El lenguaje sigue siendo aún la mediación necesaria de la toma de conciencia del mundo de la alienación (Hegel diría: la alienación necesaria), el instrumento de la teoría radical que terminará por apoderarse de las masas porque es suyo y sólo entonces encontrará su verdad. Es primordial entonces que forjemos nuestro propio lenguaje, el de la vida real, contra el lenguaje ideológico del poder, lugar de justificación de todas las categorías del viejo mundo. Debemos desde ahora impedir la falsificación de nuestras teorías, su posible recuperación. Utilizamos conceptos determinados utilizados por los especialistas, pero dándoles un contenido nuevo, volviéndolos contra las especializaciones que sustentan y contra los futuros pensadores a sueldo que (como hicieron Claudel con Rimbaud y Klossowski con Sade) sintieran la tentación de proyectar su propia podredumbre sobre la teoría situacionista. Las futuras revoluciones tendrán que inventar su propio lenguaje. Para reencontrar su verdad, los conceptos de la crítica radical serán reconsiderados uno a uno. La palabra alienación, por ejemplo, uno de los conceptos-clave para la comprensión de la sociedad moderna, debe ser desinfectada después de haber pasado por la boca de Axelos. Todas las palabras, servidoras como son del poder, guardan con éste la misma relación que el proletariado, y como él son instrumentos y agentes de la futura liberación. ¡Pobre Revel! No hay palabras prohibidas. En el lenguaje, como sucederá en todo lo demás, todo está permitido. Prohibirse el empleo de una palabra es renunciar al empleo de un arma utilizada por nuestros adversarios.

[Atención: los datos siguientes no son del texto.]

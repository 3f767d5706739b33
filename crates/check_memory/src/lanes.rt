//! The scenarios of a lane and of a board.

ghost use Rattle.std.specs.Prelude.{IfOk};
ghost use Rattle.rcu_lanes.specs.Ends.{SameFront, SameLane, SameRear};

use crate::growth::{Broken, Growth, Refusals, refused_again, stands};
use crate::machine::shape;
use rcu_board::open_board;
use rcu_lanes::{Draw, Front, Rear, Rest, lane, rest};
use rcu_numbers::Shape;
use std::alloc::Global;

/// How many items are put: more than a lane begins with places.
const ITEMS: u64 = 100;

/// How many are drawn by the other end.
const DRAWN: u64 = 10;

/// A new lane.
fn open_lane(alloc: Global, refusals: &mut Refusals) -> Result<(Front<u64>, Rear<u64>), Broken>
    ensures lane { IfOk result (λ ends. SameLane ends.0 ends.1) }
{
    if let Ok(ends) = lane(alloc) {
        return Ok(ends);
    }
    refusals.note(Growth::Lane)?;
    match lane(alloc) {
        Ok(ends) => Ok(ends),
        Err(_) => Err(refused_again(Growth::Lane)),
    }
}

/// Puts an item, again where it came back.
fn put(refusals: &mut Refusals, rear: &mut Rear<u64>, item: u64) -> Result<(), Broken>
    ensures lane { SameRear rear.old rear.new }
{
    let Err(back) = rear.put(item) else {
        return Ok(());
    };
    refusals.note_same(Growth::LanePut, back == item, "another item came back")?;
    stands(rear.put(back).is_ok(), Growth::LanePut, "refused again")
}

/// Puts all items, in order.
fn put_all(refusals: &mut Refusals, rear: &mut Rear<u64>) -> Result<(), Broken>
    ensures lane { SameRear rear.old rear.new }
{
    for item in 0..ITEMS {
        put(refusals, rear, item)?;
    }
    Ok(())
}

/// Draws the first items, in order.
fn draw_first(front: &mut Front<u64>) -> Result<(), Broken>
    ensures lane { SameFront front.old front.new }
{
    for item in 0..DRAWN {
        stands(
            front.draw() == Draw::Got(item),
            Growth::LanePut,
            "an item isn't in its place",
        )?;
    }
    Ok(())
}

/// Puts all items, and draws the first of them.
fn cross(
    refusals: &mut Refusals,
    front: &mut Front<u64>,
    rear: &mut Rear<u64>,
) -> Result<(), Broken>
    ensures lane { SameFront front.old front.new × SameRear rear.old rear.new }
{
    put_all(refusals, rear)?;
    draw_first(front)
}

/// The lane still has the items from `DRAWN` on, in order.
fn check_left(mut left: Rest<u64>) -> Result<(), Broken> {
    for item in DRAWN..ITEMS {
        stands(
            left.take() == Some(item),
            Growth::LanePut,
            "an item isn't in its place",
        )?;
    }
    stands(
        left.take().is_none(),
        Growth::LanePut,
        "an item is there twice",
    )
}

/// The scenario of a lane: items put, some drawn, and the rest taken.
pub fn play_lanes(alloc: Global) -> Result<Refusals, Broken> {
    let mut refusals = Refusals::new();
    let (mut front, mut rear) = open_lane(alloc, &mut refusals)?;
    cross(&mut refusals, &mut front, &mut rear)?;
    check_left(rest(front, rear))?;
    Ok(refusals)
}

/// Whether a board can be opened.
fn is_opened(alloc: Global, shape: &Shape) -> bool {
    open_board(alloc, &shape.for_parts()).is_ok()
}

/// The scenario of a board.
pub fn play_board(alloc: Global) -> Result<Refusals, Broken> {
    let mut refusals = Refusals::new();
    let shape = shape().ok_or(Broken {
        at: Growth::OpenBoard,
        what: "no shape",
    })?;
    if !is_opened(alloc, &shape) {
        refusals.note(Growth::OpenBoard)?;
        stands(is_opened(alloc, &shape), Growth::OpenBoard, "refused again")?;
    }
    Ok(refusals)
}
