//! The scenario of the list types.

ghost use Rattle.std.specs.Prelude.{◌≡◌, IfOk};
ghost use Rattle.rcu_lists.specs.Bypasses.{BypassRoom};
ghost use Rattle.rcu_lists.specs.Segments.{SegmentsRoom};

use crate::growth::{Broken, Growth, Refusals, refused_again, stands};
use crate::work::Work;
use rcu_jobs::Callback;
use rcu_lists::{Batch, Bypass, Kind, Placed, Segments};
use std::alloc::Global;

/// How many callbacks there are: more than stand in a batch without memory.
const CALLBACKS: u64 = 40;

/// How many are taken as a batch.
const TAKEN: usize = 20;

fn callback(number: u64) -> Callback<Work>
    ensures number { result.number ≡ number }
    ensures key { result.key ≡ number }
    ensures job { result.job.key ≡ number }
{
    Callback {
        cpu: 0,
        number,
        key: number,
        stamp: 0,
        job: Work { key: number },
    }
}

/// Finds room for a callback, again where it was refused.
fn find_room(refusals: &mut Refusals, list: &mut Segments<Work>) -> Result<(), Broken>
    ensures room { IfOk result (λ _. SegmentsRoom list.new 1) }
{
    let before = list.lengths();
    if list.reserve(1).is_ok() {
        return Ok(());
    }
    let same = list.lengths() == before;
    refusals.note_same(Growth::Reserve, same, "the list changed")?;
    stands(list.reserve(1).is_ok(), Growth::Reserve, "refused again")
}

/// Adds a callback, in room that is found before.
fn enqueue(refusals: &mut Refusals, list: &mut Segments<Work>, number: u64) -> Result<(), Broken> {
    find_room(refusals, list)?;
    list.enqueue(callback(number));
    Ok(())
}

/// Fills a list with callbacks, which then are done.
fn fill(refusals: &mut Refusals, list: &mut Segments<Work>) -> Result<(), Broken> {
    for number in 0..CALLBACKS {
        enqueue(refusals, list, number)?;
    }
    if list.may_accelerate(4) {
        list.accelerate(4);
    }
    list.advance(4);
    Ok(())
}

/// Takes a batch of done callbacks.
fn take_batch(refusals: &mut Refusals, list: &mut Segments<Work>) -> Result<Batch<Work>, Broken> {
    let before = (list.lengths(), list.numbers());
    if let Ok(batch) = list.take_batch(TAKEN) {
        return Ok(batch);
    }
    let same = before == (list.lengths(), list.numbers());
    refusals.note_same(Growth::TakeBatch, same, "the list changed")?;
    match list.take_batch(TAKEN) {
        Ok(batch) => Ok(batch),
        Err(_) => Err(refused_again(Growth::TakeBatch)),
    }
}

/// Pours what is left.
fn pour(
    refusals: &mut Refusals,
    list: &mut Segments<Work>,
    bypass: &mut Bypass<Work>,
) -> Result<(), Broken> {
    let before = (list.lengths(), list.numbers(), bypass.len());
    if list.pour(bypass).is_ok() {
        return Ok(());
    }
    let same = before == (list.lengths(), list.numbers(), bypass.len());
    refusals.note_same(Growth::Pour, same, "a list changed")?;
    stands(list.pour(bypass).is_ok(), Growth::Pour, "refused again")
}

/// Finds room for a lazy callback, again where it was refused.
fn find_bypass_room(refusals: &mut Refusals, bypass: &mut Bypass<Work>) -> Result<(), Broken>
    ensures room { IfOk result (λ _. BypassRoom bypass.new 1) }
{
    let before = bypass.len();
    if bypass.reserve().is_ok() {
        return Ok(());
    }
    let same = bypass.len() == before;
    refusals.note_same(Growth::BypassReserve, same, "the list changed")?;
    stands(
        bypass.reserve().is_ok(),
        Growth::BypassReserve,
        "refused again",
    )
}

/// Adds a lazy callback to a bypass list, in room that is found before.
fn hold(refusals: &mut Refusals, bypass: &mut Bypass<Work>, number: u64) -> Result<(), Broken> {
    find_bypass_room(refusals, bypass)?;
    match bypass.place(0, Kind::Lazy, callback(number)) {
        Placed::Kept => Ok(()),
        Placed::Out(_) => Err(Broken {
            at: Growth::BypassReserve,
            what: "the list was released",
        }),
    }
}

/// Takes the first callback of a batch. Whether it is the one of this number.
fn is_next(batch: &mut Batch<Work>, number: u64) -> bool {
    match batch.take_first() {
        Some(callback) => callback.number == number,
        None => false,
    }
}

/// The batch holds the callbacks from `first` up to `end`, in order.
fn check_batch(mut batch: Batch<Work>, first: u64, end: u64) -> Result<(), Broken> {
    for number in first..end {
        stands(
            is_next(&mut batch, number),
            Growth::TakeBatch,
            "a callback isn't in its place",
        )?;
    }
    stands(
        batch.is_empty(),
        Growth::TakeBatch,
        "a callback is there twice",
    )
}

/// Takes a batch of a list, pours what is left into a bypass list, and lets that grow.
fn pass_on(
    refusals: &mut Refusals,
    list: &mut Segments<Work>,
    bypass: &mut Bypass<Work>,
) -> Result<(), Broken> {
    check_batch(take_batch(refusals, list)?, 0, TAKEN as u64)?;
    pour(refusals, list, bypass)?;
    for number in CALLBACKS..2 * CALLBACKS {
        hold(refusals, bypass, number)?;
    }
    check_batch(bypass.flush(), TAKEN as u64, 2 * CALLBACKS)
}

/// The scenario: a list that is filled, cut and poured into a bypass list, which then grows.
pub fn play_lists(alloc: Global) -> Result<Refusals, Broken> {
    let mut refusals = Refusals::new();
    let mut list = Segments::new(alloc);
    fill(&mut refusals, &mut list)?;
    let mut bypass = Bypass::new(alloc, 1000);
    pass_on(&mut refusals, &mut list, &mut bypass)?;
    Ok(refusals)
}
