//! The scenario of a setup's text.

use crate::growth::{Broken, Growth, Refusals, stands};
use rcu_setup::{Command, Setup, SetupFault, read_setup, script_line};
use std::alloc::Global;

const TEXT: &str =
    "processors = 2\nnocbs = \"1\"\nroutes = [\"a=1\", \"b=2\"]\nscript = [\"call 0 0 a 1\", \"lazy 1 0 c 2\"]\n";

const UNKNOWN_KEY: &str = "cpus = 1\nprocessors = 2\n";

const BAD_LINE: &str = "processors = 2\nscript = [\"show\", \"shown\"]\n";

const NO_TOML: &str = "processors = 2\nroutes = [\"a=1\", \n";

/// A line of a script.
const LINE: &str = "call 1 5 abc 7";

/// Each text with the test of its answer.
static TEXTS: [(&str, Expected); 4] = [
    (TEXT, Expected::Setup),
    (UNKNOWN_KEY, Expected::UnknownKey),
    (BAD_LINE, Expected::BadLine),
    (NO_TOML, Expected::NotToml),
];

/// What a text gives where there is memory.
#[derive(Clone, Copy)]
enum Expected {
    Setup,
    UnknownKey,
    BadLine,
    NotToml,
}

/// Whether they are the routes of `TEXT`.
fn are_routes(routes: &[(String, u32)]) -> bool {
    match routes {
        [(a, first), (b, second)] => {
            a.as_str() == "a" && b.as_str() == "b" && (*first, *second) == (1, 2)
        }
        _ => false,
    }
}

/// Whether they are the calls of `TEXT`.
fn are_calls(script: &[Command]) -> bool {
    match script {
        [Command::Call { name: a, .. }, Command::Lazy { name: c, .. }] => {
            a.as_str() == "a" && c.as_str() == "c"
        }
        _ => false,
    }
}

/// Whether it is the setup of `TEXT`.
fn is_whole(setup: &Setup) -> bool {
    are_routes(setup.routes.as_slice())
        && are_calls(setup.script.as_slice())
        && (setup.shape.processors, setup.shape.offloadable) == (2, 0b10)
}

/// Whether an answer is the expected one.
fn is_expected(expected: Expected, answer: &Result<Setup, SetupFault>) -> bool {
    match (expected, answer) {
        (Expected::Setup, Ok(setup)) => is_whole(setup),
        (Expected::UnknownKey, Err(SetupFault::UnknownKey(key))) => key.as_str() == "cpus",
        (Expected::BadLine, Err(SetupFault::BadLine(line))) => *line == 2,
        (Expected::NotToml, Err(SetupFault::NotToml)) => true,
        _ => false,
    }
}

/// Reads a text. Whether the answer is the expected one; None where memory was wanted.
fn reads(alloc: Global, text: &str, expected: Expected) -> Option<bool> {
    match &read_setup(alloc, text) {
        Err(SetupFault::Memory) => None,
        answer => Some(is_expected(expected, answer)),
    }
}

/// Reads a text, again where memory was wanted.
fn read(
    alloc: Global,
    refusals: &mut Refusals,
    text: &str,
    expected: Expected,
) -> Result<(), Broken> {
    let mut answer = reads(alloc, text, expected);
    if answer.is_none() {
        refusals.note(Growth::ReadSetup)?;
        answer = reads(alloc, text, expected);
    }
    stands(answer == Some(true), Growth::ReadSetup, "another answer")
}

/// Whether it is the call that `LINE` says.
fn is_line(command: &Command) -> bool {
    match command {
        Command::Call {
            cpu,
            moment,
            name,
            hop,
        } => (*cpu, *moment, *hop) == (1, 5, 7) && name.as_str() == "abc",
        _ => false,
    }
}

/// Reads the line of a script. Whether it is what it says; None where memory was wanted.
fn reads_line(alloc: Global) -> Option<bool> {
    match &script_line(alloc, LINE) {
        Ok(command) => Some(is_line(command)),
        Err(SetupFault::Memory) => None,
        Err(_) => Some(false),
    }
}

/// Reads a line of a script, again where memory was wanted.
fn read_line(alloc: Global, refusals: &mut Refusals) -> Result<(), Broken> {
    let mut answer = reads_line(alloc);
    if answer.is_none() {
        refusals.note(Growth::ScriptLine)?;
        answer = reads_line(alloc);
    }
    stands(answer == Some(true), Growth::ScriptLine, "another answer")
}

/// The scenario: a text that is a setup, texts with faults, a line of a script.
pub fn play_setup(alloc: Global) -> Result<Refusals, Broken> {
    let mut refusals = Refusals::new();
    for (text, expected) in &TEXTS {
        read(alloc, &mut refusals, text, *expected)?;
    }
    read_line(alloc, &mut refusals)?;
    Ok(refusals)
}
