//! The calls that a scenario makes, in order.

use crate::machine::Cpu;
use Action::{Ask, Barrier, Call, Drive, Group, Hand, Lazy, Poll, Report, Shut, Tick};
use Cpu::{Local, Offloadable};

/// A call, or a turn of one part.
#[derive(Clone, Copy)]
pub enum Action {
    Call(Cpu),
    Lazy(Cpu),
    Report(Cpu),
    Tick(Cpu),
    Drive,
    Group,
    Hand,
    /// Asks the offloadable processor to be offloaded, or local.
    Ask(bool),
    /// Opens a barrier, which urges.
    Barrier,
    /// Opens a barrier, and polls it.
    Poll,
    Shut,
}

/// Actions, each with how often it is made.
pub type Steps = &'static [(u64, Action)];

/// A grace period, from its start to its end.
const GRACE: Steps = &[
    (1, Drive),
    (1, Report(Local)),
    (1, Report(Offloadable)),
    (1, Drive),
];

/// The local processor's list, and its records.
const ON_THE_LOCAL_ONE: Steps = &[(20, Call(Local)), (20, Lazy(Local)), (1, Tick(Local))];

/// A batch of 21 callbacks, as many more as the lane begins with places, and one more, which a tick puts because of its
/// moment.
const RELEASES: Steps = &[
    (4, Tick(Local)),
    (20, Lazy(Offloadable)),
    (16, Call(Offloadable)),
    (3, Lazy(Offloadable)),
    (1, Tick(Offloadable)),
    (1, Group),
];

/// What was drawn is given in batches of 17, and runs. Then a batch of 320.
const GIVES: Steps = &[
    (4, Group),
    (4, Hand),
    (320, Lazy(Offloadable)),
    (1, Tick(Offloadable)),
    (1, Group),
];

/// More batches than the done lane begins with places, and than the lane has by now.
const LONG_LANES: Steps = &[
    (19, Group),
    (20, Hand),
    (40, Call(Offloadable)),
    (1, Lazy(Offloadable)),
    (1, Barrier),
    (1, Tick(Offloadable)),
];

/// To local while callbacks wait, and back: the own list is poured.
const THERE_AND_BACK: Steps = &[
    (1, Ask(false)),
    (1, Tick(Offloadable)),
    (20, Call(Offloadable)),
    (5, Lazy(Offloadable)),
    (1, Ask(true)),
    (1, Tick(Offloadable)),
    (1, Group),
];

/// All runs. To local, where the processor's own tick runs callbacks.
const TO_LOCAL: Steps = &[
    (6, Group),
    (6, Hand),
    (1, Poll),
    (1, Ask(false)),
    (2, Tick(Offloadable)),
    (40, Call(Offloadable)),
    (40, Lazy(Local)),
    (1, Tick(Offloadable)),
    (1, Tick(Local)),
];

/// Some run, and what is left waits.
const THE_END: Steps = &[
    (2, Tick(Offloadable)),
    (1, Tick(Local)),
    (20, Call(Offloadable)),
    (1, Shut),
];

/// All actions, in order. A batch has sixteen places without memory, and a lane sixteen for batches; so each list is made
/// longer than that.
pub static SCRIPT: [Steps; 13] = [
    ON_THE_LOCAL_ONE,
    GRACE,
    RELEASES,
    GRACE,
    GIVES,
    GRACE,
    LONG_LANES,
    THERE_AND_BACK,
    GRACE,
    TO_LOCAL,
    GRACE,
    THE_END,
    GRACE,
];

/// The calls that only the core can be refused, since it keeps a history: each adds to it.
pub const SHORT_SCRIPT: Steps = &[
    (1, Call(Local)),
    (1, Tick(Local)),
    (1, Drive),
    (1, Report(Local)),
    (1, Report(Offloadable)),
    (1, Drive),
    (1, Tick(Local)),
    (1, Poll),
    (1, Shut),
];

/// What adds one mark to the history.
pub const ONE_MARK: Action = Barrier;
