//! Which growth was refused, and what did not stand after it.

ghost use Rattle.std.specs.Prelude.{◌≡◌, ◌↔◌, IsOk, IsTrue, IfErr, IfOk, None, Some};

use std::alloc::{AllocError, AllocFailed};
use std::fmt;
use thiserror::Error;

/// A growth of the table "After want of memory" (docs/specification/surface.md), by the call that wanted it.
#[derive(Clone, Copy, PartialEq, Eq)]
pub enum Growth {
    OpenBoard,
    Lane,
    LanePut,
    Reserve,
    TakeBatch,
    Pour,
    BypassReserve,
    Open,
    WorldNew,
    CallRcu,
    CallRcuLazy,
    /// The put of a batch that a call released. The call is Ok.
    CallPut,
    TickPut,
    TickPour,
    TickRecord,
    /// A drawn batch that could not be joined.
    GroupJoin,
    /// A batch of done callbacks.
    GroupBatch,
    GroupPut,
    HandRecord,
    Quiescent,
    DriverTurn,
    Barrier,
    Poll,
    Shut,
    Close,
    WorldRun,
    WorldClose,
    ReadSetup,
    ScriptLine,
    Line,
    Totals,
}

impl Growth {
    /// The call's name, and of a call that grows in more than one place, at which.
    fn name(self) -> &'static str {
        match self {
            Growth::OpenBoard => "open_board",
            Growth::Lane => "lane",
            Growth::LanePut => "put",
            Growth::Reserve => "Segments::reserve",
            Growth::TakeBatch => "take_batch",
            Growth::Pour => "pour",
            Growth::BypassReserve => "Bypass::reserve",
            Growth::Open => "open",
            Growth::WorldNew => "World::new",
            Growth::CallRcu => "call_rcu",
            Growth::CallRcuLazy => "call_rcu_lazy",
            Growth::CallPut => "the put of call_rcu",
            Growth::TickPut => "the put of tick",
            Growth::TickPour => "the pour of tick",
            Growth::TickRecord => "a record of tick",
            Growth::GroupJoin => "the join of Group::turn",
            Growth::GroupBatch => "the batch of Group::turn",
            Growth::GroupPut => "the put of Group::turn",
            Growth::HandRecord => "a record of Hand::turn",
            Growth::Quiescent => "quiescent",
            Growth::DriverTurn => "driver_turn",
            Growth::Barrier => "barrier",
            Growth::Poll => "poll",
            Growth::Shut => "shut",
            Growth::Close => "close",
            Growth::WorldRun => "World::run",
            Growth::WorldClose => "World::close",
            Growth::ReadSetup => "read_setup",
            Growth::ScriptLine => "script_line",
            Growth::Line => "line",
            Growth::Totals => "totals",
        }
    }
}

impl fmt::Display for Growth {
    fn fmt<W: fmt::Write>(&self, f: &mut fmt::Formatter<W>) -> fmt::Result {
        f.write_str(self.name())
    }
}

impl fmt::Debug for Growth {
    fn fmt<W: fmt::Write>(&self, f: &mut fmt::Formatter<W>) -> fmt::Result {
        f.write_str(self.name())
    }
}

/// What the specification says of a call did not stand.
#[derive(Clone, Copy, Debug, Error)]
#[error("{at}: {what}")]
pub struct Broken {
    /// The growth after which it did not.
    pub at: Growth,
    /// What did not.
    pub what: &'static str,
}

/// Why a scenario ended early.
#[derive(Clone, Copy, Debug, Error)]
pub enum Fault {
    /// What the specification says of a call did not stand.
    #[error(transparent)]
    Broken(#[from] Broken),
    /// A list of the scenario's own could not grow.
    #[error("a list of the scenario")]
    Own,
}

impl From<AllocError> for Fault {
    fn from(_error: AllocError) -> Fault {
        Fault::Own
    }
}

impl<T: Drop> From<AllocFailed<T>> for Fault {
    fn from(_error: AllocFailed<T>) -> Fault {
        Fault::Own
    }
}

/// Ok where `holds`, which is what stands after a call.
pub fn stands(holds: bool, at: Growth, what: &'static str) -> Result<(), Broken>
    ensures ok { IsOk result ↔ IsTrue holds }
    ensures named { IfErr result (λ broken. broken.at ≡ at) }
{
    if holds {
        Ok(())
    } else {
        Err(Broken { at, what })
    }
}

/// A growth was refused where one had been refused before.
pub fn refused_again(at: Growth) -> Broken
    ensures named { result.at ≡ at }
{
    Broken {
        at,
        what: "refused again",
    }
}

/// Which growth was refused in a run. One is, at most.
#[derive(Clone, Copy)]
pub struct Refusals {
    first: Option<Growth>,
}

impl Refusals {
    pub fn new() -> Refusals
        ensures { result.first ≡ None }
    {
        Refusals { first: None }
    }

    /// The growth that was refused, if one was.
    pub fn first(self) -> Option<Growth>
        ensures { result ≡ self.first }
    {
        self.first
    }

    /// Notes a refusal. Whoever refuses one allocation never sees two.
    pub fn note(&mut self, growth: Growth) -> Result<(), Broken>
        ensures once { IfOk result (λ _. self.old.first ≡ None) }
        ensures noted { IfOk result (λ _. self.new.first ≡ Some growth) }
        ensures first { self.old.first ≡ None → IsOk result }
        ensures stays { IfErr result (λ _. self.new ≡ self.old) }
        ensures named { IfErr result (λ broken. broken.at ≡ growth) }
    {
        stands(
            self.first.is_none(),
            growth,
            "refused where there is memory",
        )?;
        self.first = Some(growth);
        Ok(())
    }

    /// Notes a refusal, after which all has to be the same.
    pub fn note_same(
        &mut self,
        growth: Growth,
        same: bool,
        what: &'static str,
    ) -> Result<(), Broken>
        ensures once { IfOk result (λ _. self.old.first ≡ None) }
        ensures same { IfOk result (λ _. IsTrue same) }
        ensures noted { IfOk result (λ _. self.new.first ≡ Some growth) }
        ensures named { IfErr result (λ broken. broken.at ≡ growth) }
    {
        self.note(growth)?;
        stands(same, growth, what)
    }
}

Nuestro diccionario será una especie de código con el que descifrar las informaciones y desgarrar el velo ideológico que cubre la realidad. Daremos las acepciones posibles que permitan aprehender los diferentes aspectos de la sociedad del espectáculo y muestren cómo los más pequeños indicios (los más pequeños signos) contribuyen a mantenerla. Se trata en cierta forma de un diccionario bilingüe, porque cada palabra posee un sentido "ideológico" que corresponde al poder y un sentido real que creemos que corresponde a la vida real en la fase histórica actual. También podemos determinar las distintas posiciones de las palabras en la guerra social. Si el problema de la ideología es saber cómo descender del cielo de las ideas al mundo real, nuestro diccionario será una contribución a la elaboración de la nueva teoría revolucionaria, donde el problema es saber cómo pasar del lenguaje a la vida. La apropiación real de las palabras que trabajan no puede realizarse al margen de la apropiación del trabajo mismo. El establecimiento de la actividad creadora liberada será, al mismo tiempo, el establecimiento de la verdadera comunicación finalmente liberada, y la transparencia de las relaciones humanas reemplazará a la pobreza de las palabras con el antiguo régimen de la opacidad. Las palabras no dejarán de trabajar hasta que los hombres no hayan dejado de hacerlo.